CRÓNICA DE LAS VI JORNADAS DE NOVELA HISTÓRICA DE GRANADA

Este mes de noviembre, las Jornadas de Novela Histórica de Granada nos han regalado muchos buenos momentos y mejores encuentros, pero sobre todo, nos han dejado muy claras dos cosas, y de ellas me voy a servir para contaros lo que fueron estos tres días de trabajo e ilusión.

La primera, sin lugar a dudas, que el interés por la narrativa histórica sigue muy vivo y es cada vez más fiel. Y digo narrativa, que no novela, porque en estas jornadas se habló también de relato, de teatro y hasta de historiografía. Cada año se demuestra que quién viene a conocernos, repite, y en ese empeño seguimos arañando afluencia, aunque sea de poco en poco, a mítines políticos, y lo que es más heroico aún, a partidos de la selección española.



El interés sigue ahí, año tras año, y comprobar que a estas alturas tenemos un público fiel es también buena señal, indicativo de que las cosas se están haciendo bien. Mantenemos esquemas de años previos que se demuestran acertados; ofrecemos nuevas actividades con que tentar a posibles asistentes. Ambas cosas tuvieron éxito, y nos alegramos por ello.

Entre nuestras nuevas actividades, la que inauguró nuestras Jornadas en la tarde del viernes 11: un taller de recreación que, bajo el título Roma Vincit, nos permitió aprender sobre la acuñación de moneda y las fórmulas de vestimenta en la Roma antigua, todo ello conducido por Daniel Sánchez y Aránzazu Medina.

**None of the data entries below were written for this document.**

//! Numbers in bytes.

ghost use Rattle.std.specs.Prelude.{◌≡◌, ◌≤◌, ◌<◌, ◌^◌, length, IfSome, IfNone};
ghost use Rattle.cop_dict.specs.Number.{number, is_zero};

/// The number that bytes are, the least significant first.
pub fn number(bytes: &[u8]) -> u64
    requires { length bytes.now ≤ 8 }
    ensures value { result ≡ number bytes.now }
    ensures bound { result < 256 ^ length bytes.now }
{
    match bytes {
        [] => 0,
        [first, rest @ ..] => u64::from(*first) + 256 * number(rest),
    }
}

/// The number that bytes are, where it is at most 255.
pub fn small_number(bytes: &[u8]) -> Option<u8>
    ensures value { IfSome result (λ n. number bytes.now ≡ n) }
    ensures large { IfNone result (256 ≤ number bytes.now) }
{
    match bytes {
        [] => Some(0),
        [first, rest @ ..] if is_zero(rest) => Some(*first),
        _ => None,
    }
}

/// Whether all bytes are 0.
pub fn is_zero(bytes: &[u8]) -> bool
    ensures { result ≡ is_zero bytes.now }
{
    bytes.iter().all(|byte| *byte == 0)
}
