//! What is known of an entry whatever its value, and the rules that follow from it.

ghost use Rattle.std.specs.Prelude.{◌≡◌, length, IfNone};
ghost use Rattle.std.specs.Option.{ForSome};
ghost use Rattle.cop_dict.specs.Types.{width_of};
ghost use Rattle.cop_dict.specs.Number.{number};
ghost use Rattle.cop_dict.specs.Rules.{first_broken, read_rules, value_rules, access_rules, number_rules};

use crate::abort::Abort;
use crate::data_type::{DataType, is_readable, is_writable};
use crate::numbers::number;
use cop_eds::Access;

/// The description of an entry (CiA 301, "Entry description").
#[derive(Clone, Copy, Debug, PartialEq, Eq)]
pub struct Description {
    pub data_type: DataType,
    pub access: Access,
    /// Whether PDOs may move the value.
    pub is_mappable: bool,
    /// The least number that may be written.
    pub low: Option<i128>,
    /// The greatest number that may be written.
    pub high: Option<i128>,
}

impl Description {
    /// The first rule that a read breaks.
    pub(crate) fn refused_read(&self) -> Option<Abort>
        ensures { result ≡ first_broken (read_rules self.now) }
    {
        if self.data_type.is_opaque() {
            Some(Abort::OpaqueType)
        } else if !is_readable(self.access) {
            Some(Abort::WriteOnly)
        } else {
            None
        }
    }

    /// The first rule that a write of this size breaks, whatever its bytes are.
    pub(crate) fn refused_size(&self, size: Option<usize>) -> Option<Abort>
        ensures { result ≡ first_broken (access_rules self.now size) }
    {
        if self.data_type.is_opaque() {
            return Some(Abort::OpaqueType);
        }
        if !is_writable(self.access) {
            return Some(Abort::ReadOnly);
        }
        match (self.data_type.width(), size) {
            (Some(width), Some(size)) if size > width => Some(Abort::TooLong),
            (Some(width), Some(size)) if size < width => Some(Abort::TooShort),
            _ => None,
        }
    }

    /// The first rule that a write of these bytes breaks, whatever else is in the dictionary.
    pub(crate) fn refused_write(&self, bytes: &[u8]) -> Option<Abort>
        ensures value { result ≡ first_broken (value_rules self.now bytes.now) }
        ensures fits { IfNone result (ForSome (width_of self.now.data_type) (λ width. length bytes.now ≡ width)) }
    {
        if self.data_type.is_opaque() {
            return Some(Abort::OpaqueType);
        }
        if !is_writable(self.access) {
            return Some(Abort::ReadOnly);
        }
        match self.data_type.width() {
            Some(width) if bytes.len() > width => Some(Abort::TooLong),
            Some(width) if bytes.len() < width => Some(Abort::TooShort),
            Some(_) => self.refused_number(number(bytes)),
            None => None,
        }
    }

    /// The first rule that a pattern breaks.
    fn refused_number(&self, pattern: u64) -> Option<Abort>
        ensures { result ≡ first_broken (number_rules self.now pattern) }
    {
        if self.data_type.is_boolean() && pattern > 1 {
            return Some(Abort::InvalidValue);
        }
        let value = self.data_type.value_of(pattern);
        if self.high.is_some_and(|high| value > high) {
            return Some(Abort::AboveLimit);
        }
        if self.low.is_some_and(|low| value < low) {
            return Some(Abort::BelowLimit);
        }
        None
    }
}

El sábado amanecimos decididos a seguir aprendiendo y disfrutando en la Biblioteca de Andalucía. Comenzamos la mañana con una recreación de la evolución del armamento romano y las técnicas de combate de las legiones, una demostración magistral a cargo de algunos miembros de la Legio I Vernacula que sirvió como perfecta apertura para los platos fuertes de nuestras jornadas: las presentaciones de autores.



Nuestros autores de este año nos trajeron lecturas de toda clase, pero nos introdujimos en nuestro mundo de novela histórica de la mano de Andrés Nadal y su novela, La legión de los justos, que nos traslada al Imperio de Nerón, a la primera guerra de los judíos contra Roma en el año 66 d.C. y, en definitiva, a un mundo en el que las corrupciones políticas, la ausencia de una ética social, y el dominio de quienes controlan el capital nos hace pensar en momentos mucho más cercanos… por no decir actuales. Una revisión de un pasado lejano que, sin embargo, se hace cercano por la pervivencia de temas —y problemas— que siguen siendo universales en nuestra época.

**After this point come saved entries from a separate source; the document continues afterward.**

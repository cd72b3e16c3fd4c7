//! Data types of entries, and who may read and write.

ghost use Rattle.std.specs.Prelude.{◌≡◌, ◌≤◌, ◌<◌, ◌^◌, IfSome};
ghost use Rattle.cop_dict.specs.Types.{width_of, bits_of, half_of, greatest_of, is_text, is_opaque, is_boolean, is_unsigned32, type_numbered, is_readable, is_writable};
ghost use Rattle.cop_dict.specs.Number.{value_of};

use cop_eds::Access;

/// The data type of a value. Numbers are little endian, signed ones in two's complement.
#[derive(Clone, Copy, Debug, PartialEq, Eq)]
pub enum DataType {
    /// One byte, 0 or 1; in a PDO one bit.
    Boolean,
    Integer8,
    Integer16,
    Integer32,
    Integer64,
    Unsigned8,
    Unsigned16,
    Unsigned32,
    Unsigned64,
    /// Four bytes, whose number isn't looked at.
    Real32,
    /// Eight bytes, whose number isn't looked at.
    Real64,
    VisibleString,
    OctetString,
    Domain,
    /// Any other: it holds no value, and can't be read, written or mapped.
    Opaque,
}

impl DataType {
    /// The data type that a number names (CiA 301, "Data type entry usage"); `Opaque` where it
    /// is none of those known here.
    pub fn numbered(number: u64) -> DataType
        ensures { result ≡ type_numbered number }
    {
        match number {
            0x01 => DataType::Boolean,
            0x02 => DataType::Integer8,
            0x03 => DataType::Integer16,
            0x04 => DataType::Integer32,
            0x05 => DataType::Unsigned8,
            0x06 => DataType::Unsigned16,
            0x07 => DataType::Unsigned32,
            0x08 => DataType::Real32,
            0x09 => DataType::VisibleString,
            0x0A => DataType::OctetString,
            0x0F => DataType::Domain,
            0x11 => DataType::Real64,
            0x15 => DataType::Integer64,
            0x1B => DataType::Unsigned64,
            _ => DataType::Opaque,
        }
    }

    /// How many bytes each value has, where all have as many.
    pub fn width(self) -> Option<usize>
        ensures value { result ≡ width_of self }
        ensures bound { IfSome result (λ width. width ≤ 8) }
    {
        match self {
            DataType::Boolean | DataType::Integer8 | DataType::Unsigned8 => Some(1),
            DataType::Integer16 | DataType::Unsigned16 => Some(2),
            DataType::Integer32 | DataType::Unsigned32 | DataType::Real32 => Some(4),
            DataType::Integer64 | DataType::Unsigned64 | DataType::Real64 => Some(8),
            DataType::VisibleString | DataType::OctetString | DataType::Domain | DataType::Opaque =>
                None,
        }
    }

    /// How many bits each value has in a PDO, where all have as many.
    pub fn bits(self) -> Option<usize>
        ensures value { result ≡ bits_of self }
        ensures bound { IfSome result (λ bits. bits ≤ 64) }
    {
        match self {
            DataType::Boolean => Some(1),
            _ => self.width().map(|width| 8 * width),
        }
    }

    /// The first pattern that stands for a negative number, in a signed type.
    pub fn half(self) -> Option<u64>
        ensures value { result ≡ half_of self }
        ensures bound { IfSome result (λ half. (1 ≤ half) × (half ≤ 2 ^ 63)) }
    {
        match self {
            DataType::Integer8 => Some(1 << 7),
            DataType::Integer16 => Some(1 << 15),
            DataType::Integer32 => Some(1 << 31),
            DataType::Integer64 => Some(1 << 63),
            _ => None,
        }
    }

    /// The greatest number, in a type that has numbers. Strings, DOMAIN, REAL and opaque types have
    /// none.
    pub fn greatest(self) -> Option<u64>
        ensures { result ≡ greatest_of self }
    {
        match self {
            DataType::Boolean => Some(1),
            DataType::Integer8 => Some(0x7F),
            DataType::Integer16 => Some(0x7FFF),
            DataType::Integer32 => Some(0x7FFF_FFFF),
            DataType::Integer64 => Some(0x7FFF_FFFF_FFFF_FFFF),
            DataType::Unsigned8 => Some(0xFF),
            DataType::Unsigned16 => Some(0xFFFF),
            DataType::Unsigned32 => Some(0xFFFF_FFFF),
            DataType::Unsigned64 => Some(u64::MAX),
            DataType::Real32
            | DataType::Real64
            | DataType::VisibleString
            | DataType::OctetString
            | DataType::Domain
            | DataType::Opaque => None,
        }
    }

    /// The number that a pattern stands for.
    pub(crate) fn value_of(self, pattern: u64) -> i128
        ensures { result ≡ value_of self pattern }
    {
        match self.half() {
            Some(half) if pattern >= half => i128::from(pattern) - 2 * i128::from(half),
            _ => i128::from(pattern),
        }
    }

    pub(crate) fn is_opaque(self) -> bool
        ensures { result ≡ is_opaque self }
    {
        matches!(self, DataType::Opaque)
    }

    /// Whether a value is the bytes of a text.
    pub(crate) fn is_text(self) -> bool
        ensures { result ≡ is_text self }
    {
        matches!(self, DataType::VisibleString)
    }

    pub(crate) fn is_boolean(self) -> bool
        ensures { result ≡ is_boolean self }
    {
        matches!(self, DataType::Boolean)
    }

    pub fn is_unsigned32(self) -> bool
        ensures { result ≡ is_unsigned32 self }
    {
        matches!(self, DataType::Unsigned32)
    }
}

/// Whether SDO and TPDOs may read a value of this access.
pub fn is_readable(access: Access) -> bool
    ensures { result ≡ is_readable access }
{
    !matches!(access, Access::WriteOnly)
}

/// Whether SDO and RPDOs may write a value of this access.
pub fn is_writable(access: Access) -> bool
    ensures { result ≡ is_writable access }
{
    !matches!(access, Access::ReadOnly | Access::Constant)
}
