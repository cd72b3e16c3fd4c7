//! The dictionary of a device, as its EDS text describes it.

ghost use Rattle.std.specs.Prelude.{◌≡◌, IfOk};
ghost use Rattle.std.specs.Option.{option_map};
ghost use Rattle.cop_eds.specs.Lines.{Gives};
ghost use Rattle.cop_dict.specs.Build.{value_entry, built};
ghost use Rattle.cop_dict.specs.Keys.{said, keys_of, AreKeys};

use crate::building::entries;
use crate::dictionary::Dictionary;
use cop_eds::{Eds, EdsFault, Object, Place};
use std::alloc::{AllocError, Global};
use std::marker::Model;

/// What an object's section says of its value and of its limits: the lines, and the texts.
#[derive(Clone, Copy)]
pub(crate) struct Keys<'a> {
    pub value: Option<(usize, &'a [u8])>,
    pub low: Option<(usize, &'a [u8])>,
    pub high: Option<(usize, &'a [u8])>,
}

/// An EDS text, and what it says of the values of its objects, which is looked up once for all nodes. Contracts see the
/// text.
#[derive(Drop)]
pub struct Blueprint<'a> {
    eds: Eds<'a>,
    keys: Vec<Keys<'a>>,
}

impl<'a> Model for Blueprint<'a> {
    ghost use Rattle.std.specs.Prelude.{ℕ, List};
    ghost use Rattle.cop_dict.specs.Keys.{AreKeys};

    ghost Value = { List ℕ };

    ghost view = { λ b. b.eds };

    ghost invariant = { λ b. AreKeys b.eds b.keys.items };
}

/// The line and the text of an object's value.
fn value_entry<'a>(eds: &Eds<'a>, place: Place) -> Option<(usize, &'a [u8])>
    ensures { option_map (λ e. (e.0, e.1.now)) result ≡ value_entry eds.now place.section }
{
    match eds.entry(place.section, b"ParameterValue") {
        Some(entry) => Some(entry),
        None => eds.entry_at(place, [4, 6], b"DefaultValue"),
    }
}

/// What the section of an object says.
fn keys_of<'a>(eds: &Eds<'a>, object: &Object) -> Keys<'a>
    ensures { said result ≡ keys_of eds.now object.now }
{
    let place = object.place;
    Keys {
        value: value_entry(eds, place),
        low: eds.entry_at(place, [4, 3], b"LowLimit"),
        high: eds.entry_at(place, [5, 4], b"HighLimit"),
    }
}

/// What the sections of all objects say.
fn all_keys<'a>(alloc: Global, eds: &Eds<'a>) -> Result<Vec<Keys<'a>>, AllocError>
    ensures { IfOk result (λ keys. AreKeys eds.now keys.items) }
{
    let mut keys = Vec::with_capacity(alloc, eds.objects().len())?;
    for object in eds.objects() {
        keys.push(keys_of(eds, object))?;
    }
    Ok(keys)
}

impl<'a> Blueprint<'a> {
    /// The blueprint of an accepted text.
    pub fn new(alloc: Global, eds: Eds<'a>) -> Result<Blueprint<'a>, AllocError>
        ensures { IfOk result (λ b. b ≡ eds.entry) }
    {
        let keys = all_keys(alloc, &eds)?;
        Ok(Blueprint { eds, keys })
    }

    /// The text.
    pub fn eds(&self) -> &Eds<'a>
        ensures { result.now ≡ self.now }
    {
        &self.eds
    }

    /// The dictionary of a device that is the node of this number, as [`build`] gives it.
    pub fn dictionary(&self, alloc: Global, node: u8) -> Result<Dictionary, EdsFault>
        ensures { Gives (λ dict. dict) result (built self.now node) }
    {
        Ok(Dictionary::from_entries(entries(alloc, &self.eds, &self.keys, node)?))
    }
}

/// The dictionary of a device that is the node of this number, with its initial values. A refusal
/// is the first by rising index and sub, and of one object its value's before its low limit's and
/// its high limit's; it stands at the key's line.
pub fn build(alloc: Global, eds: &Eds<'_>, node: u8) -> Result<Dictionary, EdsFault>
    ensures { Gives (λ dict. dict) result (built eds.now node) }
{
    let keys = all_keys(alloc, eds)?;
    Ok(Dictionary::from_entries(entries(alloc, eds, &keys, node)?))
}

Como viene siendo habitual, se presentaron los avances del proyecto de la Universidad de Granada, La novela histórica como recurso para la didáctica de las Ciencias Sociales, de la mano de su coordinador, Andrés Palma, y una de las profesoras de la Facultad de Ciencias de la Educación.

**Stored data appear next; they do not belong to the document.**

//! The patterns of values and limits as texts write them.

ghost use Rattle.std.specs.Prelude.{◌≡◌, ◌≤◌, ◌^◌, IfSome};
ghost use Rattle.cop_eds.specs.Amount.{amount_of};
ghost use Rattle.cop_dict.specs.Patterns.{at_most, negative, greatest_pattern, pattern_of, pattern_by, pattern_at};

use crate::data_type::DataType;
use cop_eds::{Amount, Refusal, Rule, amount_of};

fn at_most(greatest: u64, n: u64) -> Option<u64>
    ensures { result ≡ at_most greatest n }
{
    (n <= greatest).then_some(n)
}

/// The pattern of a number so far below 0.
fn negative(half: Option<u64>, n: u64) -> Option<u64>
    requires { IfSome half (λ half. (1 ≤ half) × (half ≤ 2 ^ 63)) }
    ensures { result ≡ negative half n }
{
    match half {
        None => at_most(0, n),
        Some(_) if n == 0 => Some(0),
        Some(half) if n <= half => Some(half + (half - n)),
        Some(_) => None,
    }
}

fn greatest_pattern(half: Option<u64>, greatest: u64) -> u64
    requires { IfSome half (λ half. (1 ≤ half) × (half ≤ 2 ^ 63)) }
    ensures { result ≡ greatest_pattern half greatest }
{
    match half {
        Some(half) => half - 1 + half,
        None => greatest,
    }
}

/// The pattern of an amount, where the type, with this greatest number, has it: in a signed type the two's complement of a number below 0.
pub fn pattern_of(data_type: DataType, greatest: u64, node: u8, amount: Amount) -> Option<u64>
    ensures { result ≡ pattern_of data_type greatest node amount }
{
    match amount {
        Amount::Decimal(n) => at_most(greatest, n),
        Amount::Negative(n) => negative(data_type.half(), n),
        Amount::Hexadecimal(n) => at_most(greatest_pattern(data_type.half(), greatest), n),
        Amount::PlusNode(n) => at_most(greatest, n.checked_add(u64::from(node))?),
    }
}

fn pattern_by(data_type: DataType, greatest: u64, node: u8, text: &[u8]) -> Result<u64, Rule>
    ensures { result ≡ pattern_by data_type greatest node (amount_of text.now) }
{
    pattern_of(data_type, greatest, node, amount_of(text)?).ok_or(Rule::Number)
}

/// The pattern of the value at a line, or the rule that it breaks there.
pub fn pattern_at(
    data_type: DataType,
    greatest: u64,
    node: u8,
    line: usize,
    text: &[u8],
) -> Result<u64, Refusal>
    ensures { result ≡ pattern_at data_type greatest node (line, text.now) }
{
    pattern_by(data_type, greatest, node, text).map_err(|rule| Refusal { rule, line })
}
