//! An entry of a dictionary in memory.

ghost use Rattle.std.specs.Prelude.{◌≡◌, ◌<◌, ◌^◌, length, IfSome, OnOk, OnErr, IsOk, IsSome, IfErr, IfOk};
ghost use Rattle.std.specs.Option.{ForSome};
ghost use Rattle.cop_dict.specs.declared.abort.Abort.TheVariants.{NoMemory};
ghost use Rattle.cop_dict.specs.Types.{width_of};
ghost use Rattle.cop_dict.specs.Find.{integer_of, unsigned32_of, is_at, is_before};
ghost use Rattle.cop_dict.specs.Dict.{valued, as_built, reset_communication, IsSized};

use crate::abort::Abort;
use crate::data_type::DataType;
use crate::description::Description;
use crate::numbers::number;
use smallvec::SmallVec;
use std::alloc::{AllocError, Global};
use std::marker::Model;

/// The bytes of a value. Those of a number lie in the object itself.
pub(crate) type Bytes = SmallVec<u8, 8>;

/// What stands at an index and a sub. Its value has room for the initial value, so that a reset
/// takes no memory.
#[derive(Drop)]
pub struct Object {
    index: u16,
    sub: u8,
    description: Description,
    initial: Bytes,
    value: Bytes,
}

impl Model for Object {
    ghost use Rattle.std.specs.Prelude.{◌≡◌, ◌≤◌};
    ghost use Rattle.smallvec.specs.SmallVec.{small_vec_len};
    ghost use Rattle.std.specs.Option.{ForSome};
    ghost use Rattle.cop_dict.specs.Types.{width_of};
    ghost use Rattle.cop_dict.specs.Find.{Entry};

    ghost Value = { Entry };

    ghost view = { λ o. record {
      index = o.index;
      sub = o.sub;
      description = o.description;
      initial = o.initial.items;
      value = o.value.items;
    } };

    ghost invariant = { λ o. (small_vec_len o.initial ≤ o.value.capacity)
        × ForSome (width_of o.description.data_type) (λ width. (small_vec_len o.initial ≡ width) × (small_vec_len o.value ≡ width)) };
}

impl Object {
    /// An object with its initial value, whose length is that of its type.
    pub fn new(
        alloc: Global,
        index: u16,
        sub: u8,
        description: Description,
        initial: &[u8],
    ) -> Result<Object, AllocError>
        requires { ForSome (width_of description.data_type) (λ width. length initial.now ≡ width) }
        ensures { IfOk result (λ o. o ≡ record {
          index = index;
          sub = sub;
          description = description;
          initial = initial.now;
          value = initial.now;
        }) }
    {
        Object::with_initial(
            alloc,
            index,
            sub,
            description,
            Bytes::from_slice(alloc, initial)?,
        )
    }

    /// The same, without a copy of the initial value.
    pub(crate) fn with_initial(
        alloc: Global,
        index: u16,
        sub: u8,
        description: Description,
        initial: Bytes,
    ) -> Result<Object, AllocError>
        requires { ForSome (width_of description.data_type) (λ width. length initial.items ≡ width) }
        ensures { IfOk result (λ o. o ≡ record {
          index = index;
          sub = sub;
          description = description;
          initial = initial.items;
          value = initial.items;
        }) }
    {
        let value = Bytes::from_slice(alloc, &initial)?;
        Ok(Object {
            index,
            sub,
            description,
            initial,
            value,
        })
    }

    pub fn index(&self) -> u16
        ensures { result ≡ self.now.index }
    {
        self.index
    }

    pub fn sub(&self) -> u8
        ensures { result ≡ self.now.sub }
    {
        self.sub
    }

    pub fn description(&self) -> Description
        ensures { result ≡ self.now.description }
    {
        self.description
    }

    /// The value; no bytes for an opaque type.
    pub fn value(&self) -> &[u8]
        ensures value { result.now ≡ self.now.value }
        ensures sized { IsSized self.now }
    {
        self.value.as_slice()
    }

    /// The value that a reset gives.
    pub fn initial(&self) -> &[u8]
        ensures value { result.now ≡ self.now.initial }
        ensures sized { IsSized self.now }
    {
        self.initial.as_slice()
    }

    /// The number that the value stands for, in a type that has numbers.
    pub fn integer(&self) -> Option<i128>
        ensures { result ≡ integer_of self.now }
    {
        let data_type = self.description.data_type;
        match data_type.greatest() {
            Some(_) => Some(data_type.value_of(number(self.value.as_slice()))),
            None => None,
        }
    }

    /// The number that an UNSIGNED32 holds.
    pub fn unsigned32(&self) -> Option<u64>
        ensures value { result ≡ unsigned32_of self.now }
        ensures bound { IfSome result (λ n. n < 2 ^ 32) }
    {
        match self.description.data_type {
            DataType::Unsigned32 => Some(number(self.value.as_slice())),
            _ => None,
        }
    }

    pub fn is_at(&self, index: u16, sub: u8) -> bool
        ensures { result ≡ is_at index sub self.now }
    {
        self.index == index && self.sub == sub
    }

    /// Whether it stands before an index and a sub.
    pub fn is_before(&self, index: u16, sub: u8) -> bool
        ensures { result ≡ is_before index sub self.now }
    {
        self.index < index || (self.index == index && self.sub < sub)
    }

    /// Goes back to the initial value.
    pub(crate) fn reset(&mut self)
        ensures { self.new ≡ as_built self.old }
    {
        self.value.clear();
        self.value.extend_from_slice(&self.initial).unwrap();
    }

    /// Goes back to the initial value where the index is in the communication profile area.
    pub(crate) fn reset_communication(&mut self)
        ensures { self.new ≡ reset_communication self.old }
    {
        if matches!(self.index, 0x1000..=0x1FFF) {
            self.reset();
        }
    }

    /// Replaces the value by bytes that are as many. It takes no memory.
    pub(crate) fn replace(&mut self, bytes: &[u8])
        requires { width_of self.old.description.data_type ≡ Some (length bytes.now) }
        ensures { self.new ≡ valued bytes.now self.old }
    {
        self.value.clear();
        self.value.extend_from_slice(bytes).unwrap();
    }

    /// Replaces the value. Memory is taken only for more bytes than the initial value has.
    pub(crate) fn set(&mut self, bytes: &[u8]) -> Result<(), Abort>
        requires { ForSome (width_of self.old.description.data_type) (λ width. length bytes.now ≡ width) }
        ensures ok { OnOk result (self.new ≡ valued bytes.now self.old) }
        ensures err { OnErr result (self.new ≡ self.old) }
        ensures memory { IfErr result (λ abort. (abort ≡ NoMemory) × (length self.old.initial < length bytes.now)) }
        ensures in_place { IsSome (width_of self.old.description.data_type) → IsOk result }
    {
        if bytes.len() <= self.initial.len() {
            self.value.clear();
            self.value.extend_from_slice(bytes).unwrap();
            return Ok(());
        }
        match Bytes::from_slice(*self.value.allocator(), bytes) {
            Ok(value) => {
                self.value = value;
                Ok(())
            }
            Err(_) => Err(Abort::NoMemory),
        }
    }
}
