//! Look-ups in objects that rise by index and sub.

ghost use Rattle.std.specs.Prelude.{◌≡◌, ◌==◌, ◌≤◌, ◌<◌, Some, None, IfOk, IfErr, IfSome, IfNone, true, false, length, slice_index_or};
ghost use Rattle.std.specs.List.{list_any};
ghost use Rattle.std.specs.List.Sorted.{IsPartitionPoint};
ghost use Rattle.std.specs.Option.{option_copied};
ghost use Rattle.cop_dict.specs.Find.{Entry, is_at, is_before, entry_at, IsSorted};
ghost use Rattle.cop_dict.specs.Dict.{found};

use crate::abort::Abort;
use crate::object::Object;

/// How many objects stand before an index and a sub.
fn count_before(objects: &[Object], index: u16, sub: u8) -> usize
    requires { IsSorted objects.now }
    ensures bound { result ≤ length objects.now }
    ensures parted { IsPartitionPoint (λ entry. is_before index sub entry ≡ true) (λ entry. is_before index sub entry ≡ false) objects.now result }
{
    objects.partition_point(|object| object.is_before(index, sub))
}

/// The place of the object at an index and a sub.
pub fn place_of(objects: &[Object], index: u16, sub: u8) -> Option<usize>
    requires { IsSorted objects.now }
    ensures inside { IfSome result (λ i. i < length objects.now) }
    ensures place { IfSome result (λ i. (d : Entry) → is_at index sub (slice_index_or objects.now i d) ≡ true) }
    ensures absent { IfNone result (entry_at objects.now index sub ≡ None) }
{
    let place = count_before(objects, index, sub);
    let object = objects.get(place)?;
    if object.is_at(index, sub) {
        Some(place)
    } else {
        None
    }
}

#[tactic(auto, using(crate::proofs::SearchLemmas::entry_here))]
/// The object at an index and a sub.
pub fn object_at(objects: &[Object], index: u16, sub: u8) -> Option<&Object>
    requires { IsSorted objects.now }
    ensures { option_copied result ≡ entry_at objects.now index sub }
{
    match place_of(objects, index, sub) {
        Some(place) => Some(&objects[place]),
        None => None,
    }
}

#[tactic(auto, using(crate::proofs::SearchLemmas::any_index))]
/// Whether any object has the index.
fn has_index(objects: &[Object], index: u16) -> bool
    requires { IsSorted objects.now }
    ensures { result ≡ list_any (λ entry. entry.index == index) objects.now }
{
    let place = count_before(objects, index, 0);
    match objects.get(place) {
        Some(object) => object.index() == index,
        None => false,
    }
}

#[tactic(auto, using(crate::proofs::SearchLemmas::entry_here))]
/// The place of the object at an index and a sub, or why there is none.
pub fn found_in(objects: &[Object], index: u16, sub: u8) -> Result<usize, Abort>
    requires { IsSorted objects.now }
    ensures inside { IfOk result (λ i. i < length objects.now) }
    ensures place { IfOk result (λ i. (d : Entry) → is_at index sub (slice_index_or objects.now i d) ≡ true) }
    ensures found { IfOk result (λ i. (d : Entry) → entry_at objects.now index sub ≡ Some (slice_index_or objects.now i d)) }
    ensures absent { IfErr result (λ abort. found objects.now index (entry_at objects.now index sub) ≡ Err abort) }
{
    if let Some(place) = place_of(objects, index, sub) {
        return Ok(place);
    }
    if has_index(objects, index) {
        Err(Abort::NoSub)
    } else {
        Err(Abort::NoObject)
    }
}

La tarde se dedicó en exclusiva a la presentación de tres novelas fantásticas que recrean el panorama de la España medieval y moderna: La ciudad, de Luis Zueco; La corte de los engaños, de Luis García Jambrina; y la nueva novela de nuestro director, Blas Malo, titulada Lope, la furia del fénix. La presentación fue todo un lujo, no sólo por la posibilidad de conocer las tres novelas, sino por la capacidad que estos autores, moderados por Carolina Molina, tuvieron para ahondar en muchos temas sobre el tratamiento de la Historia en la novela.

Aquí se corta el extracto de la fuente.